Incidents like these are why scientists have to be in charge and make the decisions. The countries and areas combatting COVID-19 the best did that from the beginning. The places doing the worst only cared about money, “the economy”, and had politicians hanging on to power for dear life – their own lives, at the expense of the citizens.

Comments

  1. Who Cares says

    Having scientists does improve the odds. It is still not a guarantee that they don’t find a Lysenko or two to support them. Or ideologically blinded scientists.
    The Trump administration tried. Good thing the ones presented were so far out there that even the MAGA cult went “Huh What?” or were just plain incompetent.

    You might want to add to that “hanging on to power for dear life”, possibly only surviving thanks to the level of health care available to high level politicians. Reason is that a lot/most of those politicians who went with the “Ignore Corona the focus on X instead” mantra got infected.

  2. robert79 says

    Funny, I’d just given my students a data set about O-ring damage, including the question whether it would be safe to launch at 31F. (The answer is either “hell no!”, or “we need more data at such low temperatures, but it looks like a REALLY bad idea!”, the first is what you should tell your manager, the second is more scientifically precise, I count both as correct.)

    I hadn’t even realised the 28th was the anniversary of the Challenger disaster, their deadline was last week… for historical accuracy I really should’ve let them decide on the 28th whether the Challenger should’ve launched on the 28th.

  3. kestrel says

    Your title speaks to me. I’ve spent my life working with horses (and other animals) and horses won’t keep doing stuff that does not work. That is actually how you train them to pull carts, accept a saddle and a rider etc. They figure out that what they are doing does not work and they change and try something else.

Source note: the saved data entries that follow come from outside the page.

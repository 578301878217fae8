//! The names of load commands and platforms, as the headers of the system have them
//! (`mach-o/loader.h`), and of architectures, as `lipo` prints them (`mach/machine.h`).

ghost use Rattle.std.specs.Prelude.{◌≡◌, ◌==◌, ◌-◌, find, length, take};
ghost use Rattle.std.specs.Option.{option_map};
ghost use Rattle.macho_fields.specs.Universal.{masked};
ghost use Rattle.macho_c.specs.Names.{IsName, IsFound, name_in, command_names, platform_names};
ghost use Rattle.macho_c.specs.Names.{arch_names, arch_number, number_in, is_named, IsArchNamed};

use crate::status::{NONE, OK};
use macho_fields::header::machine::CPU_SUBTYPE_MASK;

/// Writes the name of the load commands with this `cmd`, borrowed from the library. A zero byte, which is
/// not counted, follows it in memory. The status is `OK`, or `NONE` where the command has no name here.
#[unsafe(no_mangle)]
pub extern "C" fn kesvuot_find_command(cmd: u32, name: &mut &'static [u8]) -> u32
    ensures { IsName command_names cmd result name.new.now }
{
    match command_name(cmd) {
        Some(text) => {
            *name = before_last(text.as_bytes());
            OK
        }
        None => {
            *name = &[];
            NONE
        }
    }
}

/// Writes the name of a platform, as `kesvuot_find_command` writes a command's.
#[unsafe(no_mangle)]
pub extern "C" fn kesvuot_find_platform(platform: u32, name: &mut &'static [u8]) -> u32
    ensures { IsName platform_names platform result name.new.now }
{
    match platform_name(platform) {
        Some(text) => {
            *name = before_last(text.as_bytes());
            OK
        }
        None => {
            *name = &[];
            NONE
        }
    }
}

/// Writes the name of an architecture, as `kesvuot_find_command` writes a command's. The capability
/// byte of the `cpusubtype` does not matter.
#[unsafe(no_mangle)]
pub extern "C" fn kesvuot_find_arch(cputype: u32, cpusubtype: u32, name: &mut &'static [u8]) -> u32
    ensures { IsName arch_names (arch_number cputype (masked cpusubtype)) result name.new.now }
{
    match arch_name(arch_number(cputype, cpusubtype & !CPU_SUBTYPE_MASK)) {
        Some(text) => {
            *name = before_last(text.as_bytes());
            OK
        }
        None => {
            *name = &[];
            NONE
        }
    }
}

/// Writes the numbers of the architecture for which `kesvuot_find_arch` has this name, without a
/// capability byte. The status is `OK`, or `NONE` where it has the name for none: then both are 0.
#[unsafe(no_mangle)]
pub extern "C" fn kesvuot_arch_named(name: &[u8], cputype: &mut u32, cpusubtype: &mut u32) -> u32
    ensures { IsArchNamed name.now result cputype.new cpusubtype.new }
{
    match arch_named(name) {
        Some(arch) => {
            *cputype = (arch / (1 << 32)) as u32;
            *cpusubtype = (arch % (1 << 32)) as u32;
            OK
        }
        None => {
            *cputype = 0;
            *cpusubtype = 0;
            NONE
        }
    }
}

// The name of the load commands with this `cmd`, and a zero byte.
fn command_name(cmd: u32) -> Option<&'static str>
    ensures { option_map (λ name. name.now) result ≡ name_in command_names cmd }
{
    match find_named(COMMANDS, u64::from(cmd)) {
        Some(command) => Some(command.name),
        None => None,
    }
}

// The name of a platform, and a zero byte.
fn platform_name(platform: u32) -> Option<&'static str>
    ensures { option_map (λ name. name.now) result ≡ name_in platform_names platform }
{
    match find_named(PLATFORMS, u64::from(platform)) {
        Some(platform) => Some(platform.name),
        None => None,
    }
}

// The name of the architecture with this number, and a zero byte.
fn arch_name(arch: u64) -> Option<&'static str>
    ensures { option_map (λ name. name.now) result ≡ name_in arch_names arch }
{
    match find_named(ARCHITECTURES, arch) {
        Some(arch) => Some(arch.name),
        None => None,
    }
}

// The number of the architecture with this name.
fn arch_named(name: &[u8]) -> Option<u64>
    ensures { result ≡ number_in arch_names name.now }
{
    match find_name(ARCHITECTURES, name) {
        Some(arch) => Some(arch.number),
        None => None,
    }
}

// The number of an architecture in its table: the `cputype`, and in the low 32 bits the `cpusubtype`.
fn arch_number(cputype: u32, cpusubtype: u32) -> u64
    ensures { result ≡ arch_number cputype cpusubtype }
{
    u64::from(cputype) * (1 << 32) + u64::from(cpusubtype)
}

// The bytes before the last: none of no bytes.
pub(crate) fn before_last(bytes: &'static [u8]) -> &'static [u8]
    ensures { result.now ≡ take (length bytes.now - 1) bytes.now }
{
    match bytes.split_last() {
        Some((_, front)) => front,
        None => &[],
    }
}

// A number and its name, which a zero byte ends.
#[derive(Clone, Copy)]
struct Named {
    number: u64,
    name: &'static str,
}

// The first entry of a table that has this number.
fn find_named(table: &'static [Named], number: u64) -> Option<Named>
    ensures { IsFound table.now (λ named. named.number == number) result }
{
    first_numbered(table, number)
}

// The same, found by an iterator.
fn first_numbered(table: &'static [Named], number: u64) -> Option<Named>
    ensures { result ≡ find (λ named. named.number == number) table.now }
{
    table.iter().copied().find(|named| named.number == number)
}

// The first entry of a table that has this name.
fn find_name(table: &'static [Named], name: &[u8]) -> Option<Named>
    ensures { IsFound table.now (λ named. is_named named.name.now name.now) result }
{
    first_named(table, name)
}

// The same, found by an iterator.
fn first_named(table: &'static [Named], name: &[u8]) -> Option<Named>
    ensures { result ≡ find (λ named. is_named named.name.now name.now) table.now }
{
    table
        .iter()
        .copied()
        .find(|named| before_last(named.name.as_bytes()) == name)
}

// The load commands.
const COMMANDS: &[Named] = &[
    // registry: commands
    Named {
        number: 0x1,
        name: "LC_SEGMENT\0",
    },
    Named {
        number: 0x2,
        name: "LC_SYMTAB\0",
    },
    Named {
        number: 0x3,
        name: "LC_SYMSEG\0",
    },
    Named {
        number: 0x4,
        name: "LC_THREAD\0",
    },
    Named {
        number: 0x5,
        name: "LC_UNIXTHREAD\0",
    },
    Named {
        number: 0x6,
        name: "LC_LOADFVMLIB\0",
    },
    Named {
        number: 0x7,
        name: "LC_IDFVMLIB\0",
    },
    Named {
        number: 0x8,
        name: "LC_IDENT\0",
    },
    Named {
        number: 0x9,
        name: "LC_FVMFILE\0",
    },
    Named {
        number: 0xa,
        name: "LC_PREPAGE\0",
    },
    Named {
        number: 0xb,
        name: "LC_DYSYMTAB\0",
    },
    Named {
        number: 0xc,
        name: "LC_LOAD_DYLIB\0",
    },
    Named {
        number: 0xd,
        name: "LC_ID_DYLIB\0",
    },
    Named {
        number: 0xe,
        name: "LC_LOAD_DYLINKER\0",
    },
    Named {
        number: 0xf,
        name: "LC_ID_DYLINKER\0",
    },
    Named {
        number: 0x10,
        name: "LC_PREBOUND_DYLIB\0",
    },
    Named {
        number: 0x11,
        name: "LC_ROUTINES\0",
    },
    Named {
        number: 0x12,
        name: "LC_SUB_FRAMEWORK\0",
    },
    Named {
        number: 0x13,
        name: "LC_SUB_UMBRELLA\0",
    },
    Named {
        number: 0x14,
        name: "LC_SUB_CLIENT\0",
    },
    Named {
        number: 0x15,
        name: "LC_SUB_LIBRARY\0",
    },
    Named {
        number: 0x16,
        name: "LC_TWOLEVEL_HINTS\0",
    },
    Named {
        number: 0x17,
        name: "LC_PREBIND_CKSUM\0",
    },
    Named {
        number: 0x19,
        name: "LC_SEGMENT_64\0",
    },
    Named {
        number: 0x1a,
        name: "LC_ROUTINES_64\0",
    },
    Named {
        number: 0x1b,
        name: "LC_UUID\0",
    },
    Named {
        number: 0x1d,
        name: "LC_CODE_SIGNATURE\0",
    },
    Named {
        number: 0x1e,
        name: "LC_SEGMENT_SPLIT_INFO\0",
    },
    Named {
        number: 0x20,
        name: "LC_LAZY_LOAD_DYLIB\0",
    },
    Named {
        number: 0x21,
        name: "LC_ENCRYPTION_INFO\0",
    },
    Named {
        number: 0x22,
        name: "LC_DYLD_INFO\0",
    },
    Named {
        number: 0x24,
        name: "LC_VERSION_MIN_MACOSX\0",
    },
    Named {
        number: 0x25,
        name: "LC_VERSION_MIN_IPHONEOS\0",
    },
    Named {
        number: 0x26,
        name: "LC_FUNCTION_STARTS\0",
    },
    Named {
        number: 0x27,
        name: "LC_DYLD_ENVIRONMENT\0",
    },
    Named {
        number: 0x29,
        name: "LC_DATA_IN_CODE\0",
    },
    Named {
        number: 0x2a,
        name: "LC_SOURCE_VERSION\0",
    },
    Named {
        number: 0x2b,
        name: "LC_DYLIB_CODE_SIGN_DRS\0",
    },
    Named {
        number: 0x2c,
        name: "LC_ENCRYPTION_INFO_64\0",
    },
    Named {
        number: 0x2d,
        name: "LC_LINKER_OPTION\0",
    },
    Named {
        number: 0x2e,
        name: "LC_LINKER_OPTIMIZATION_HINT\0",
    },
    Named {
        number: 0x2f,
        name: "LC_VERSION_MIN_TVOS\0",
    },
    Named {
        number: 0x30,
        name: "LC_VERSION_MIN_WATCHOS\0",
    },
    Named {
        number: 0x31,
        name: "LC_NOTE\0",
    },
    Named {
        number: 0x32,
        name: "LC_BUILD_VERSION\0",
    },
    Named {
        number: 0x36,
        name: "LC_ATOM_INFO\0",
    },
    Named {
        number: 0x37,
        name: "LC_FUNCTION_VARIANTS\0",
    },
    Named {
        number: 0x38,
        name: "LC_FUNCTION_VARIANT_FIXUPS\0",
    },
    Named {
        number: 0x39,
        name: "LC_TARGET_TRIPLE\0",
    },
    Named {
        number: 0x8000_0018,
        name: "LC_LOAD_WEAK_DYLIB\0",
    },
    Named {
        number: 0x8000_001c,
        name: "LC_RPATH\0",
    },
    Named {
        number: 0x8000_001f,
        name: "LC_REEXPORT_DYLIB\0",
    },
    Named {
        number: 0x8000_0022,
        name: "LC_DYLD_INFO_ONLY\0",
    },
    Named {
        number: 0x8000_0023,
        name: "LC_LOAD_UPWARD_DYLIB\0",
    },
    Named {
        number: 0x8000_0028,
        name: "LC_MAIN\0",
    },
    Named {
        number: 0x8000_0033,
        name: "LC_DYLD_EXPORTS_TRIE\0",
    },
    Named {
        number: 0x8000_0034,
        name: "LC_DYLD_CHAINED_FIXUPS\0",
    },
    Named {
        number: 0x8000_0035,
        name: "LC_FILESET_ENTRY\0",
    },
    // registry: end
];

// The platforms of `build_version_command`.
const PLATFORMS: &[Named] = &[
    // registry: platforms
    Named {
        number: 1,
        name: "PLATFORM_MACOS\0",
    },
    Named {
        number: 2,
        name: "PLATFORM_IOS\0",
    },
    Named {
        number: 3,
        name: "PLATFORM_TVOS\0",
    },
    Named {
        number: 4,
        name: "PLATFORM_WATCHOS\0",
    },
    Named {
        number: 5,
        name: "PLATFORM_BRIDGEOS\0",
    },
    Named {
        number: 6,
        name: "PLATFORM_MACCATALYST\0",
    },
    Named {
        number: 7,
        name: "PLATFORM_IOSSIMULATOR\0",
    },
    Named {
        number: 8,
        name: "PLATFORM_TVOSSIMULATOR\0",
    },
    Named {
        number: 9,
        name: "PLATFORM_WATCHOSSIMULATOR\0",
    },
    Named {
        number: 10,
        name: "PLATFORM_DRIVERKIT\0",
    },
    Named {
        number: 11,
        name: "PLATFORM_VISIONOS\0",
    },
    Named {
        number: 12,
        name: "PLATFORM_VISIONOSSIMULATOR\0",
    },
    // registry: end
];

// The architectures, by their numbers.
const ARCHITECTURES: &[Named] = &[
    Named {
        number: 0x0000_0007_0000_0003,
        name: "i386\0",
    },
    Named {
        number: 0x0100_0007_0000_0003,
        name: "x86_64\0",
    },
    Named {
        number: 0x0100_0007_0000_0008,
        name: "x86_64h\0",
    },
    Named {
        number: 0x0000_000c_0000_0005,
        name: "armv4t\0",
    },
    Named {
        number: 0x0000_000c_0000_0006,
        name: "armv6\0",
    },
    Named {
        number: 0x0000_000c_0000_0007,
        name: "armv5e\0",
    },
    Named {
        number: 0x0000_000c_0000_0008,
        name: "xscale\0",
    },
    Named {
        number: 0x0000_000c_0000_0009,
        name: "armv7\0",
    },
    Named {
        number: 0x0000_000c_0000_000b,
        name: "armv7s\0",
    },
    Named {
        number: 0x0000_000c_0000_000c,
        name: "armv7k\0",
    },
    Named {
        number: 0x0000_000c_0000_000e,
        name: "armv6m\0",
    },
    Named {
        number: 0x0000_000c_0000_000f,
        name: "armv7m\0",
    },
    Named {
        number: 0x0000_000c_0000_0010,
        name: "armv7em\0",
    },
    Named {
        number: 0x0100_000c_0000_0000,
        name: "arm64\0",
    },
    Named {
        number: 0x0100_000c_0000_0002,
        name: "arm64e\0",
    },
    Named {
        number: 0x0200_000c_0000_0001,
        name: "arm64_32\0",
    },
    Named {
        number: 0x0000_0012_0000_0000,
        name: "ppc\0",
    },
    Named {
        number: 0x0100_0012_0000_0000,
        name: "ppc64\0",
    },
];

    And yet, I hear humans saying things like, “I’ve been beating that dog for 4 years with a newspaper for crapping on the floor, and he still craps on the floor! What is the matter with him!” and I will think to myself, Even one of my chickens would have figured out to change tactics by now. Because quite obviously, what they are doing DOES NOT WORK. Chickens won’t do stuff that does not work either. In fact, most animals won’t.

    So I do not have high hopes here. If only humans were as “dumb” as a horse, or a chicken, they would change and try something different. But no. They keep doing the same thing over and over. They even have history books to show them how stupid that is, and they still keep doing it.

    Maybe I’m just feeling really bad today. But there are days when I am sorry humans are the dominant animal.